One of the key decisions in designing a compute infrastructure is how to handle networking.
For platforms that are designed to deliver applications, it is now common knowledge that application developers need a platform that can execute and manage containers (rather than VMs).
When it comes to networking, however, the choices are less clear. In what scenarios are designs based on single layer preferable vs. overlay networks ?
The answer to this question is not a simplistic one based on “encapsulation overhead”; while there are overlay networking projects that do exhibit poor performance, production ready solutions such as OpenContrail have performance characteristics on both throughput and PPS similar to the Linux kernel bridge implementation. When not using an overlay, it is still necessary to use an internal bridge to demux the container virtual-ethernet interface pairs.
The key aspect to consider is operational complexity!
From a bottoms-up perspective, one can build an argument that a network design with no encapsulation that simply uses an address prefix per host (e.g. a /22) provides the simplest possible solution to operate. And that is indeed the case if one assumes that discovery, failover and authentication can be handled completely at the “session” layer (OSI model).
I’m familiar with a particular compute infrastructure where this is the case: all communication between containers uses a common “RPC” layer which provides discovery, authentication and authorization and a common presentation layer.
In the scenario I’m familiar with, this works well because every single application component was written from scratch.
The key take away for me from observing this infrastructure operate was not really whether an overlay is used or not. The key lesson, in my mind, is that it is possible to operate the physical switching infrastructure independently of the problems of discovery, application failover and authentication. I believe that those with a background in operations in traditional enterprise networking environments can fully appreciate how decoupling the switching infrastructure from these problems can lead not only to simpler operations but also to driving up the throughput of the network fabric.
In environments where not all application components use the same common RPC layer or where a “belt and suspenders” approach is desirable, discovery, authorization and failover are a function that the infrastructure is expected to deliver to the applications.
Whenever that is the case, using an overlay network design provides the simplest (from an operations standpoint) way to implement this functionality because it offers a clear separation between the application layer and the physical infrastructure.

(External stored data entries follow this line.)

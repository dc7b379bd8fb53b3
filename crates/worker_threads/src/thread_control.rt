//! What all threads of a run share.

ghost use Rattle.std.specs.Prelude.{◌≡◌, IfOk, false, is_some, true};
ghost use Rattle.std.specs.Arc.{arc_value};

use std::alloc::{AllocError, Global};
use std::sync::Arc;
use std::sync::atomic::{AtomicU64, Ordering};
use worker_parts::{Event, Signal};

/// The word that tells the threads what to do, which the receivers also read, the book into which
/// workers post, and for a thread the event that is notified of pushes into its worker's pipes.
pub struct ThreadControl<B> {
    pub word: Arc<AtomicU64, Global>,
    pub book: Arc<B, Global>,
    pub event: Option<Event>,
}

impl<B: Drop> Drop for ThreadControl<B> {
    fn drop(self) {
        let ThreadControl {
            word: _,
            book: _,
            event: _,
        } = self;
    }
}

impl<B> ThreadControl<B> {
    /// By a word that tells threads to hold.
    pub fn new(word: Arc<AtomicU64, Global>, book: Arc<B, Global>) -> ThreadControl<B>
        ensures given { (result.word ≡ word) × (result.book ≡ book) }
        ensures event { is_some result.event ≡ false }
    {
        ThreadControl {
            word,
            book,
            event: None,
        }
    }

    /// The threads begin their work.
    pub fn run(&self) {
        self.word.store(Signal::Run.word(), Ordering::SeqCst);
    }

    /// The receivers come to their ends, and with them all workers.
    pub fn stop(&self) {
        self.word.store(Signal::Stop.word(), Ordering::SeqCst);
    }

    /// The threads end without a turn.
    pub fn give_up(&self) {
        self.word.store(Signal::GiveUp.word(), Ordering::SeqCst);
    }
}

impl<B: Drop> ThreadControl<B> {
    /// The same, for a thread of a worker that nobody notifies of pushes. It takes no memory; it
    /// fails where there are too many.
    pub fn another(&self) -> Result<ThreadControl<B>, AllocError>
        ensures given { IfOk result (λ o. (arc_value o.word ≡ arc_value self.now.word) × (arc_value o.book ≡ arc_value self.now.book)) }
        ensures event { IfOk result (λ o. is_some o.event ≡ false) }
    {
        let word = Arc::try_clone(&self.word)?;
        let book = Arc::try_clone(&self.book)?;
        Ok(ThreadControl::new(word, book))
    }

    /// The same, for a thread of a worker of whose pipes each producer notifies the event after
    /// its pushes, marks among them. The worker sleeps on it.
    pub fn another_with(&self, event: &Event) -> Result<ThreadControl<B>, AllocError>
        ensures given { IfOk result (λ o. (arc_value o.word ≡ arc_value self.now.word) × (arc_value o.book ≡ arc_value self.now.book)) }
        ensures event { IfOk result (λ o. is_some o.event ≡ true) }
    {
        let mut control = self.another()?;
        control.event = Some(Arc::try_clone(event)?);
        Ok(control)
    }
}
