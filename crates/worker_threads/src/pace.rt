//! When a thread posts, waits and naps.

use crate::idle::Idle;
use std::sync::Wait;
use std::time::{Clock, Instant};
use worker_parts::Event;

// How many turns that did something lie between two posts.
const TURNS_PER_POST: u32 = 1023;

// After this many turns in a row that did something, a thread naps once before it sleeps.
const NAP_AFTER: u32 = 2;

// How many sleeps lie between two after which the clock is read.
const SLEEPS_PER_LOOK: u32 = 7;

// Where no more microseconds passed between two looks at the clock, sleeps cost more than they save: pushes come faster
// than a sleep and a wake-up for each can keep up with. Where the one who pushes shares a processor with the one who is
// woken, they can go on so for ever, one packet at a time. So many of the next pauses after a single item are naps then.
const BRIEF: u128 = 120;

const NAPS_AFTER_BRIEF: u32 = 63;

// Where just one turn did something between two waits, packets come one by one, and a further turn would
// find nothing: so many of the next turns that do something are each followed by a wait at once.
const WAITS_AFTER_SINGLE: u32 = 15;

// How a thread has worked of late, and waited.
#[derive(Drop)]
pub(crate) struct Pace {
    idle: Idle,
    turns: u32,
    // Turns that did something since it last waited, up to the number at which a thread gathers.
    items: u32,
    // How many such turns more are each followed by a wait at once.
    alone: u32,
    // Sleeps since the last look at the clock, and what that showed.
    sleeps: u32,
    since: Option<Instant>,
    // How many more pauses after a single item are naps.
    naps: u32,
}

// Whether so little time has passed since a moment; not where the clock can't be read.
fn is_brief<R: Clock>(rt: &R, since: Option<Instant>) -> bool {
    let Some(since) = since else {
        return false;
    };
    match since.elapsed(rt) {
        Ok(time) => time.as_micros() <= BRIEF,
        Err(_) => false,
    }
}

impl Pace {
    pub(crate) fn new() -> Pace {
        Pace {
            idle: Idle::new(),
            turns: 0,
            items: 0,
            alone: 0,
            sleeps: 0,
            since: None,
            naps: 0,
        }
    }

    // There was something to do. Whether it is time to post.
    pub(crate) fn did(&mut self) -> bool {
        self.idle.reset();
        if self.items < NAP_AFTER {
            self.items += 1;
        }
        if self.turns < TURNS_PER_POST {
            self.turns += 1;
            return false;
        }
        self.turns = 0;
        true
    }

    // Whether more is likely to come soon, so that a nap in which items gather costs less than a sleep for each: there was
    // much to do since it last waited, or something, and sleeps were brief of late.
    pub(crate) fn gathers(&mut self) -> bool {
        let single = self.items == 1;
        let several = self.items >= NAP_AFTER;
        self.items = 0;
        self.alone = if single { WAITS_AFTER_SINGLE } else { 0 };
        if single && self.naps > 0 {
            self.naps -= 1;
            return true;
        }
        several
    }

    // Whether a wait is to follow at once.
    pub(crate) fn waits_at_once(&mut self) -> bool {
        if self.alone == 0 {
            return false;
        }
        self.alone -= 1;
        self.items = 0;
        true
    }

    // Sleeps until there is a push.
    pub(crate) fn sleep<R: Wait + Clock>(&mut self, rt: &R, event: &Event) {
        event.sleep(rt);
        if self.sleeps < SLEEPS_PER_LOOK {
            self.sleeps += 1;
            return;
        }
        self.sleeps = 0;
        if is_brief(rt, self.since) {
            self.naps = NAPS_AFTER_BRIEF;
        }
        self.since = Instant::now(rt).ok();
    }

    // There was nothing to do, and nothing to sleep on.
    pub(crate) fn rest<R: Clock>(&mut self, rt: &R) {
        self.idle.rest(rt);
    }
}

In the work we’ve been doing with OpenContrail around kubernetes/openshift, OpenContrail provides:
- access control between application tiers and services (a.k.a micro-segmentaion);
- service discovery and failover, by mapping the service’s virtual IP address (aka ClusterIP) to the instances (Pods) that implement the service;
- traffic monitoring and reporting on a per app-tier basis;
While OpenContrail introduces its own software stack which has an inherent operational complexity; this functionality can be operated independently of the switching infrastructure. And it is totally agnostic to the switching infrastructure. It can operate the same way
on a private cloud environment or on a public cloud; on any public cloud.
Using an overlay, allows OpenContrail to carry with the packet the information of the “network context” for purposes of both access control and traffic accounting and analysis. It also provides a clean separation between the virtual IP address space and the physical
For instance, address pools do not have to be pre-allocated on a per node basis. And while IPv6 can bring an almost infinite address pool sizes, that doesn’t address the problem of discovery and failover for the virtual IP addresses associated with a service (a.k.a ClusterIPs in k8s).
In addition to this, standard based overlays such as OpenContrail can carry the information of the virtual network segment across multiple clusters or different infrastructure. A simple example: one can expose multiple external services (e.g. an Oracle DB and a DB2 system) to a single cluster while maintaining independent access-control (that doesn’t depend on listing individual IP addresses).
From an operational perspective, it is an imperative to separate the physical infrastructure, which is probably different on a cluster by cluster basis, from the services provided by the cluster. When discovery, authorization and failover are not a pure session layer
implementation it makes sense to use a network overlay.